▸ **Assignment**
Whenever a line of the data below holds the string "specs", copy that line.

▸ **Material for this task**
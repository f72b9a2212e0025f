//! An index file that is asked for the points of another, from the bytes in to the bytes out.

ghost use Rattle.loc_indexed.specs.IndexedCourses.{ask_course, asked_course};
ghost use Rattle.loc_course.specs.Runs.{Runs};

use crate::indexes::read_index_file;
use loc_answering::answer_source;
use loc_batch::{Batch, Unnumbered};
use loc_course::Stop;
use loc_file::Held;
use loc_geom::Steps;
use loc_io::{Shelf, Sink};
use loc_spec_text::MOST_TEXT;
use std::alloc::Global;
use std::sync::ledger::Ledger;

// The answers to a file of points, by the search and the rows of an index.
fn answer_points<F: Shelf, O: Sink, L: Ledger>(
    alloc: Global,
    held: &Held,
    points: &str,
    shelf: &mut F,
    out: &mut O,
    steps: &mut Steps<L>,
) -> Result<(), Stop>
    ensures { Runs (asked_course points.now held.now.content) F.meaning shelf O.meaning out steps result }
{
    let mut batch = Batch::make(alloc, held.scale(), MOST_TEXT as u64)?;
    answer_source(
        &mut batch,
        held,
        held.table(),
        held.legend(),
        &Unnumbered,
        shelf,
        points,
        b"points: too long",
        out,
        steps,
    )
}

/// Reads the index whole and then the points in pieces, and answers each line once it has been read, by the index alone: whether it is true
/// or not. All memory is taken before the first byte on `out`.
pub fn ask<F: Shelf, O: Sink, L: Ledger>(
    alloc: Global,
    index_name: &str,
    points_name: &str,
    shelf: &mut F,
    out: &mut O,
    steps: &mut Steps<L>,
) -> Result<(), Stop>
    ensures { Runs (ask_course index_name.now points_name.now) F.meaning shelf O.meaning out steps result }
{
    let held = read_index_file(alloc, shelf, index_name)?;
    let outcome = answer_points(alloc, &held, points_name, shelf, out, steps);
    drop(held);
    outcome
}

▸ **Solution below**
ghost use Rattle.loc_indexed.specs.IndexedCourses.{ask_course, asked_course};
ghost use Rattle.loc_course.specs.Runs.{Runs};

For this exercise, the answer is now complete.